Ward calls Steelers' loss worst ever

Team Infidel

Forum Spin Doctor


ALAN ROBINSON

Associated Press

PITTSBURGH - The Pittsburgh Steelers may have played a worse game under coach Bill Cowher, may have been more overmatched at the line of scrimmage, may have given their quarterback less protection, may have mounted less offense.
Just don't ask them to name specifics, not after a 27-0 loss to the Baltimore Ravens on Sunday not only ended any faint hope they had of repeating their Super Bowl championship but exposed the very reasons why they won't.
"This was maybe our worst game - ever," wide receiver Hines Ward said.
These Steelers have never begun to play the way they did in winning their final eight games and the NFL championship last season. Even if they do play well in their final five all-but-meaningless games - and there is nothing about a team with a 4-7 record to suggest it will - it is much too late to save this season.
Repeat as Super Bowl champions? This team never gave itself a chance.
Maybe it was all the bad karma following Ben Roethlisberger's helmet-less and seemingly unnecessary motorcycle crash injuries in June. Or maybe it was the questions raised and the confusion caused by coach Bill Cowher's refusal to clarify his status past this season.
Or maybe, as running back Willie Parker presciently suggested a few weeks back, maybe this team simply wasn't as hungry to win as last year's team was.
Whatever the reasons, the Steelers will have plenty of time to assess how much could go so wrong so quickly only 10 months after this almost identical cast did almost everything right.
"We didn't show up," Ward said of the Steelers' worst shutout loss under Cowher since a 27-0 defeat to the Rams in 1993. "We fell behind and guys had their heads down. That's very uncharacteristic for us.
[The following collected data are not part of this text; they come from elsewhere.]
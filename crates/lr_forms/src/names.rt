// Lines of names.
ghost use Rattle.std.specs.Prelude.{◌≡◌, ◌++◌, IfOk, OnOk, option_to_list};
ghost use Rattle.std.specs.Result.{result_ok, result_err};
ghost use Rattle.lr_words.specs.Names.{log_name_value};
ghost use Rattle.lr_forms.specs.Says.{log_names, name_faults, named, names_say};

use crate::said::LineSaid;
use lr_lex::Word;
use lr_rules::{ConfKind, Listed, Memory, Text};
use lr_words::log_name;
use std::alloc::Global;

/// Adds the name of a log that the word is, or gives the fault of the word.
fn add_name(
    alloc: Global,
    names: &mut Listed<Text>,
    word: &[u8],
) -> Result<Option<ConfKind>, Memory>
    ensures fault { IfOk result (λ fault. fault ≡ result_err (log_name_value word.now)) }
    ensures added { OnOk result (names.new ≡ names.old ++ option_to_list (result_ok (log_name_value word.now))) }
{
    match log_name(alloc, word)? {
        Ok(name) => {
            names.push(name)?;
            Ok(None)
        }
        Err(kind) => Ok(Some(kind)),
    }
}

/// All the names, or the first fault of one.
fn named(alloc: Global, words: &[Word]) -> Result<LineSaid, Memory>
    ensures { IfOk result (λ s. s ≡ named (name_faults words.now) (log_names words.now)) }
{
    let mut names = Listed::new(alloc);
    for word in words {
        if let Some(kind) = add_name(alloc, &mut names, word.text.bytes())? {
            return Ok(LineSaid::BadNames(kind));
        }
    }
    Ok(LineSaid::Names(names))
}

/// What a line of names says, outside definitions.
pub(crate) fn names_say(alloc: Global, words: &[Word], stray: bool) -> Result<LineSaid, Memory>
    ensures { IfOk result (λ s. s ≡ names_say stray words.now) }
{
    if stray || words.is_empty() {
        Ok(LineSaid::BadNames(ConfKind::Stray))
    } else {
        named(alloc, words)
    }
}
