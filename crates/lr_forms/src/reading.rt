// Reading a line by itself.
ghost use Rattle.std.specs.Prelude.{◌≡◌, ◌∷◌, [], IfOk, MatchOption};
ghost use Rattle.lr_forms.specs.Says.{directive_of, means, by_directive, texts, words_say, nested, item_says};

use crate::faults::fault_of;
use crate::form::{Form, form_of};
use crate::make::make_says;
use crate::names::names_say;
use crate::row::directive_of;
use crate::said::LineSaid;
use crate::script::script_says;
use crate::taboo::{include_says, taboo_says};
use crate::value::{day_says, one_says};
use lr_lex::{Item, Word};
use lr_rules::{ConfKind, Listed, Memory, Text};
use std::alloc::Global;

fn means(alloc: Global, form: Form, word: Text, values: &[Word]) -> Result<LineSaid, Memory>
    ensures { IfOk result (λ s. s ≡ means form word (texts values.now)) }
{
    match form {
        Form::Passed => Ok(LineSaid::Passed(word)),
        Form::Plain(set) => Ok(LineSaid::Sets(set)),
        Form::One(value) => one_says(alloc, value, values),
        Form::Day => Ok(day_says(values)),
        Form::Make { olddir } => Ok(make_says(olddir, values)),
        Form::Include => include_says(alloc, values),
        Form::Taboo { patterns } => taboo_says(alloc, patterns, values),
        _ => Ok(LineSaid::Quiet),
    }
}

/// The first word and the others.
fn split_first(words: Vec<Word>) -> Option<(Word, Vec<Word>)>
    ensures { MatchOption result (words.items ≡ []) (λ p. words.items ≡ p.0 ∷ p.1.items) }
{
    let mut words = words;
    if words.is_empty() {
        None
    } else {
        let first = words.remove(0);
        Some((first, words))
    }
}

fn directive_says(
    alloc: Global,
    inside: bool,
    brace: bool,
    stray: bool,
    word: Text,
    values: &[Word],
) -> Result<LineSaid, Memory>
    ensures { IfOk result (λ s. s ≡ by_directive inside brace stray word (texts values.now) (directive_of word)) }
{
    let Some(directive) = directive_of(word.bytes()) else {
        return Ok(LineSaid::Unknown);
    };
    match fault_of(alloc, inside, brace, stray, directive, values)? {
        Some(kind) => Ok(LineSaid::Bad(kind)),
        None => means(alloc, form_of(directive), word, values),
    }
}

/// What a line says whose first sign begins no name.
fn words_say(
    alloc: Global,
    words: Listed<Word>,
    inside: bool,
    brace: bool,
    stray: bool,
) -> Result<LineSaid, Memory>
    ensures { IfOk result (λ s. s ≡ words_say inside brace stray words) }
{
    let Some((word, values)) = split_first(words.into_vec()) else {
        return Ok(if inside {
            LineSaid::Bad(ConfKind::NestedBrace)
        } else {
            LineSaid::Open
        });
    };
    if inside && brace {
        return Ok(LineSaid::Bad(ConfKind::NestedBrace));
    }
    directive_says(alloc, inside, brace, stray, word.text, values.as_slice())
}

/// The fault of a line that may stand in no definition, where it stands in one.
fn nested(brace: bool, kind: ConfKind) -> LineSaid
    ensures { result ≡ nested brace kind }
{
    LineSaid::Bad(if brace { ConfKind::NestedBrace } else { kind })
}

/// What a line says, inside a definition or outside. The first fault that applies is the line's.
pub fn say(alloc: Global, item: Item, inside: bool) -> Result<LineSaid, Memory>
    ensures { IfOk result (λ s. s ≡ item_says inside item) }
{
    match item {
        Item::Close { .. } => Ok(LineSaid::Close),
        Item::Script {
            word,
            text,
            brace,
            stray,
            ..
        } => Ok(script_says(inside, brace, stray, word.text.bytes(), text)),
        Item::Line {
            words,
            names,
            brace,
            stray,
            ..
        } => {
            if !names {
                words_say(alloc, words, inside, brace, stray)
            } else if inside {
                Ok(nested(brace, ConfKind::Stray))
            } else {
                names_say(alloc, words.as_slice(), stray)
            }
        }
    }
}
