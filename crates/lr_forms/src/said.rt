// What one line says by itself.
ghost use Rattle.std.specs.Prelude.{◌≡◌};
ghost use Rattle.lr_forms.specs.Says.{line_of, has_brace, closes_definition};

use crate::set::Set;
use lr_lex::Item;
use lr_rules::{ConfKind, Listed, Path, Phase, Text};
use lr_words::TabooItems;

/// What a line says by itself, inside a definition or outside.
#[derive(Drop)]
pub enum LineSaid {
    /// A directive that sets a field.
    Sets(Set),
    /// A directive that sets a field, with words behind it that name an owner or a group and are passed over.
    OwnerPassed(Set),
    /// A directive that sets nothing.
    Quiet,
    /// A directive that is passed over, with its word.
    Passed(Text),
    /// Names of logs, outside definitions.
    Names(Listed<Text>),
    /// A script in a definition: when it runs, its text, and whether more words stand behind its word. That it isn't
    /// built, or stands twice, or is stray, is decided by who knows the lines before it.
    Script {
        phase: Phase,
        text: Text,
        stray: bool,
    },
    /// Another file, outside definitions.
    Include(Path),
    /// A list of what is taboo, outside definitions: of patterns or of endings.
    Taboo {
        patterns: bool,
        items: TabooItems,
    },
    /// `{` alone, outside definitions.
    Open,
    /// `}` alone.
    Close,
    /// The first word is no directive.
    Unknown,
    /// Another fault of a line; outside definitions, of one that holds no names.
    Bad(ConfKind),
    /// A fault of a line of names outside definitions.
    BadNames(ConfKind),
}

/// The line where the item begins.
pub fn line_of(item: &Item) -> u32
    ensures { result ≡ line_of item.now }
{
    match item {
        Item::Line { line, .. } => *line,
        Item::Close { line } => *line,
        Item::Script { line, .. } => *line,
    }
}

/// Whether its line ends with a brace that opens.
pub fn has_brace(item: &Item) -> bool
    ensures { result ≡ has_brace item.now }
{
    match item {
        Item::Line { brace, .. } => *brace,
        Item::Close { .. } => false,
        Item::Script { brace, .. } => *brace,
    }
}

/// Whether it closes a definition.
pub fn closes(item: &Item) -> bool
    ensures { result ≡ closes_definition item.now }
{
    match item {
        Item::Close { .. } => true,
        _ => false,
    }
}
When we fell behind, we started pressing and we couldn't get anything going."
It kind of describes their season, too.
Even a five-game winning streak to end the season would get them only to 9-7, a record that probably wouldn't be good enough to make the playoffs.
Now they're playing for next season, for draft position, to figure out what their biggest trouble areas are, and how to address them. Maybe they're also playing for their coach to decide if this was his final season with them.
"These next five games should mean a lot to the guys on this team," Ward said. "We're going to find out who will be here next year. We will find out who will keep practicing hard and keep working hard. We have to keep working and keep fighting."
The only immediate goal is to avoid the embarrassment of going from a Super Bowl champion one season to last in its division the next. The Steelers lead the Cleveland Browns (3-8) by one game for that distinction in the AFC North.
The Steelers must win three of five, a pace they haven't kept yet, merely to finish 7-9 and avoid matching their worst record under Cowher, the 6-10 marks of 2003 and 1999.
There were negatives aplenty in the Ravens loss, one that ranks with a 37-7 defeat to Dallas in the 1997 opener as the worst of the Cowher era. The difference is that 1997 team came back to reach the AFC championship game and fell four points short of making the Super Bowl.
Their 21 rushing yards were their fewest since 1982, and their nine sacks allowed matched the most they've permitted since the NFL officially recognized that statistic, also in 1982. They had three more turnovers, increasing their league-worst total to 30. For comparison's sake, that's 21 more than San Diego's league-low 9.
For the rest of the season, many Steelers may be playing merely to assure themselves a spot on the team in 2007.
"You are not going to get any quit out of any of us," Roethlisberger said. "Every single player is going to give it their all every time we step on the field."
Of course, if that had happened until now, they might not be in the mess they're in now.
"We're going to find out a lot about the character of this team," Ward said.